**What is expected:** The expected output is every entry, copied exactly.

Stored items
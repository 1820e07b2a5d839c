//! Records `arc,FROM,TO,TIME,CAPACITY,TRUCK,FREIGHT`.
ghost use Rattle.std.specs.Prelude.{◌≡◌, true, false, MatchOption, MatchResult};
ghost use Rattle.fp_reader.specs.Codes.{code_of};
ghost use Rattle.fp_records_fields.specs.Findings.{first_code};
ghost use Rattle.fp_reader.specs.Faults.{arc_faults, has_arc_digits, has_arc_names, has_arc_ranges};
ghost use Rattle.fp_records_fields.specs.Fields.{number_at};
ghost use Rattle.fp_reader.specs.Parts.{arc_in};

use crate::drafts::Draft;
use crate::records::codes::RecordFault;
use crate::records::ends::ends_of;
use fp_model::Arc;
use fp_model::limits::{GREATEST_AMOUNT, LATEST};
use fp_records::Record;
use fp_records_fields::digits::{long_between, short_between};
use fp_records_fields::fields::{field_at, has_fields, has_name, has_number};

// The numbers of an arc.
#[derive(Clone, Copy)]
struct ArcNumbers {
    time: u32,
    capacity: u64,
    truck: u64,
    freight: u64,
}

// Whether both ends may be names.
fn has_arc_names(line: &Record) -> bool
    ensures { result ≡ has_arc_names line.now }
{
    has_name(line, 1) && has_name(line, 2)
}

// Whether the number fields are numbers.
fn has_arc_digits(line: &Record) -> bool
    ensures { result ≡ has_arc_digits line.now }
{
    has_number(line, 3) && has_number(line, 4) && has_number(line, 5) && has_number(line, 6)
}

// The numbers; `None` exactly where one is outside its limits.
fn arc_numbers(line: &Record) -> Option<ArcNumbers>
    requires { has_arc_digits line.now ≡ true }
    ensures { MatchOption result (has_arc_ranges line.now ≡ false)
        (λ n. (has_arc_ranges line.now ≡ true)
        × (n ≡ record { time = number_at line.now 3; capacity = number_at line.now 4; truck = number_at line.now 5; freight = number_at line.now 6 })) }
{
    let time = short_between(field_at(line, 3), 1, LATEST)?;
    let capacity = long_between(field_at(line, 4), 1, GREATEST_AMOUNT)?;
    let truck = long_between(field_at(line, 5), 0, GREATEST_AMOUNT)?;
    let freight = long_between(field_at(line, 6), 0, GREATEST_AMOUNT)?;
    Some(ArcNumbers {
        time,
        capacity,
        truck,
        freight,
    })
}

/// The arc of an arc's record, or the least of the record's faults.
pub fn read_arc(draft: &Draft<'_>, line: &Record) -> Result<Arc, RecordFault>
    ensures { MatchResult result
        (λ arc. (first_code (arc_faults draft.now line.now) ≡ None) × (arc ≡ arc_in draft.now line.now))
        (λ fault. first_code (arc_faults draft.now line.now) ≡ Some (code_of fault)) }
{
    if !has_fields(line, 7) {
        return Err(RecordFault::Fields);
    }
    if !has_arc_names(line) {
        return Err(RecordFault::Name);
    }
    if !has_arc_digits(line) {
        return Err(RecordFault::Digits);
    }
    let Some(numbers) = arc_numbers(line) else {
        return Err(RecordFault::Range);
    };
    let Some(ends) = ends_of(draft, line, 1, 2) else {
        return Err(RecordFault::NoTerminal);
    };
    if ends.from == ends.to {
        return Err(RecordFault::SameEnds);
    }
    if draft.has_arc(ends.from, ends.to) {
        return Err(RecordFault::ArcTaken);
    }
    if draft.is_full_of_arcs() {
        return Err(RecordFault::TooMany);
    }
    Ok(Arc {
        from: ends.from,
        to: ends.to,
        time: numbers.time,
        capacity: numbers.capacity,
        truck: numbers.truck,
        freight: numbers.freight,
    })
}
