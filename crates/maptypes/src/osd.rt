//! OSDs: whether they exist and are up, and their reweights.

/// Whether an OSD exists, and whether it is up.
#[derive(Clone, Copy, Debug, PartialEq, Eq)]
pub struct Presence {
    /// Whether it exists.
    pub exists: bool,
    /// Whether it is up, which only one that exists is.
    pub up: bool,
}

/// What a map has of an OSD.
#[derive(Clone, Copy, Debug, PartialEq, Eq)]
pub struct OsdState {
    /// Whether it exists.
    pub exists: bool,
    /// Whether it is up, which only one that exists is.
    pub up: bool,
    /// The reweight, in parts of 65,536: 0 to 65,536.
    pub weight: u32,
}
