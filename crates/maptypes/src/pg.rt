//! Placement groups.

ghost use Rattle.std.specs.Prelude.{◌≡◌};

use keylist::Keyed;
use mapparts::PgParts;

/// How many numbers a group of one pool could have: those of 32 bits.
const GROUPS_PER_POOL: u64 = 0x1_0000_0000;

/// A placement group (Ceph, `pg_t`). Groups are ordered by pool, then number.
#[derive(Clone, Copy, Debug, PartialEq, Eq, PartialOrd, Ord)]
pub struct Pg {
    /// The id of the pool: in a map 1 to 65,535.
    pub pool: u32,
    /// The number within the pool: in a map below the pool's number of groups.
    pub number: u32,
}

impl Pg {
    ghost use Rattle.maptypes.specs.Values.{pg_of};

    /// The group of these parts; a part of more than 32 bits counts as 0.
    pub fn of_parts(parts: &PgParts) -> Pg
        ensures { result ≡ pg_of parts.now }
    {
        Pg {
            pool: parts.pool.unwrap_or(0),
            number: parts.number.unwrap_or(0),
        }
    }
}

impl Keyed for Pg {
    ghost use Rattle.maptypes.specs.Exceptions.{pg_key};

    ghost key_of = { pg_key };

    /// The key by which groups are ordered: by pool, then by number.
    fn key(&self) -> u64 {
        u64::from(self.pool) * GROUPS_PER_POOL + u64::from(self.number)
    }
}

**Solution for this task:**
repository 1820e07b2a5d839c
//! Records `arc,FROM,TO,TIME,CAPACITY,TRUCK,FREIGHT`.
ghost use Rattle.std.specs.Prelude.{◌≡◌, true, false, MatchOption, MatchResult};
ghost use Rattle.fp_reader.specs.Codes.{code_of};
ghost use Rattle.fp_records_fields.specs.Findings.{first_code};
ghost use Rattle.fp_reader.specs.Faults.{arc_faults, has_arc_digits, has_arc_names, has_arc_ranges};
ghost use Rattle.fp_records_fields.specs.Fields.{number_at};
ghost use Rattle.fp_reader.specs.Parts.{arc_in};

use crate::drafts::Draft;
use crate::records::codes::RecordFault;
use crate::records::ends::ends_of;
use fp_model::Arc;
use fp_model::limits::{GREATEST_AMOUNT, LATEST};
use fp_records::Record;
use fp_records_fields::digits::{long_between, short_between};
use fp_records_fields::fields::{field_at, has_fields, has_name, has_number};

// The numbers of an arc.
#[derive(Clone, Copy)]
struct ArcNumbers {
    time: u32,
    capacity: u64,
    truck: u64,
    freight: u64,
}

// Whether both ends may be names.
fn has_arc_names(line: &Record) -> bool
    ensures { result ≡ has_arc_names line.now }
{
    has_name(line, 1) && has_name(line, 2)
}

// Whether the number fields are numbers.
fn has_arc_digits(line: &Record) -> bool
    ensures { result ≡ has_arc_digits line.now }
{
    has_number(line, 3) && has_number(line, 4) && has_number(line, 5) && has_number(line, 6)
}

// The numbers; `None` exactly where one is outside its limits.
fn arc_numbers(line: &Record) -> Option<ArcNumbers>
    requires { has_arc_digits line.now ≡ true }
    ensures { MatchOption result (has_arc_ranges line.now ≡ false)
        (λ n. (has_arc_ranges line.now ≡ true)
        × (n ≡ record { time = number_at line.now 3; capacity = number_at line.now 4; truck = number_at line.now 5; freight = number_at line.now 6 })) }
{
    let time = short_between(field_at(line, 3), 1, LATEST)?;
    let capacity = long_between(field_at(line, 4), 1, GREATEST_AMOUNT)?;
    let truck = long_between(field_at(line, 5), 0, GREATEST_AMOUNT)?;
    let freight = long_between(field_at(line, 6), 0, GREATEST_AMOUNT)?;
    Some(ArcNumbers {
        time,
        capacity,
        truck,
        freight,
    })
}

/// The arc of an arc's record, or the least of the record's faults.
pub fn read_arc(draft: &Draft<'_>, line: &Record) -> Result<Arc, RecordFault>
    ensures { MatchResult result
        (λ arc. (first_code (arc_faults draft.now line.now) ≡ None) × (arc ≡ arc_in draft.now line.now))
        (λ fault. first_code (arc_faults draft.now line.now) ≡ Some (code_of fault)) }
{
    if !has_fields(line, 7) {
        return Err(RecordFault::Fields);
    }
    if !has_arc_names(line) {
        return Err(RecordFault::Name);
    }
    if !has_arc_digits(line) {
        return Err(RecordFault::Digits);
    }
    let Some(numbers) = arc_numbers(line) else {
        return Err(RecordFault::Range);
    };
    let Some(ends) = ends_of(draft, line, 1, 2) else {
        return Err(RecordFault::NoTerminal);
    };
    if ends.from == ends.to {
        return Err(RecordFault::SameEnds);
    }
    if draft.has_arc(ends.from, ends.to) {
        return Err(RecordFault::ArcTaken);
    }
    if draft.is_full_of_arcs() {
        return Err(RecordFault::TooMany);
    }
    Ok(Arc {
        from: ends.from,
        to: ends.to,
        time: numbers.time,
        capacity: numbers.capacity,
        truck: numbers.truck,
        freight: numbers.freight,
    })
}
filename crates/maptypes/src/osd.rt
//! OSDs: whether they exist and are up, and their reweights.

/// Whether an OSD exists, and whether it is up.
#[derive(Clone, Copy, Debug, PartialEq, Eq)]
pub struct Presence {
    /// Whether it exists.
    pub exists: bool,
    /// Whether it is up, which only one that exists is.
    pub up: bool,
}

/// What a map has of an OSD.
#[derive(Clone, Copy, Debug, PartialEq, Eq)]
pub struct OsdState {
    /// Whether it exists.
    pub exists: bool,
    /// Whether it is up, which only one that exists is.
    pub up: bool,
    /// The reweight, in parts of 65,536: 0 to 65,536.
    pub weight: u32,
}
filename crates/maptypes/src/pg.rt
//! Placement groups.

ghost use Rattle.std.specs.Prelude.{◌≡◌};

use keylist::Keyed;
use mapparts::PgParts;

/// How many numbers a group of one pool could have: those of 32 bits.
const GROUPS_PER_POOL: u64 = 0x1_0000_0000;

/// A placement group (Ceph, `pg_t`). Groups are ordered by pool, then number.
#[derive(Clone, Copy, Debug, PartialEq, Eq, PartialOrd, Ord)]
pub struct Pg {
    /// The id of the pool: in a map 1 to 65,535.
    pub pool: u32,
    /// The number within the pool: in a map below the pool's number of groups.
    pub number: u32,
}

impl Pg {
    ghost use Rattle.maptypes.specs.Values.{pg_of};

    /// The group of these parts; a part of more than 32 bits counts as 0.
    pub fn of_parts(parts: &PgParts) -> Pg
        ensures { result ≡ pg_of parts.now }
    {
        Pg {
            pool: parts.pool.unwrap_or(0),
            number: parts.number.unwrap_or(0),
        }
    }
}

impl Keyed for Pg {
    ghost use Rattle.maptypes.specs.Exceptions.{pg_key};

    ghost key_of = { pg_key };

    /// The key by which groups are ordered: by pool, then by number.
    fn key(&self) -> u64 {
        u64::from(self.pool) * GROUPS_PER_POOL + u64::from(self.number)
    }
}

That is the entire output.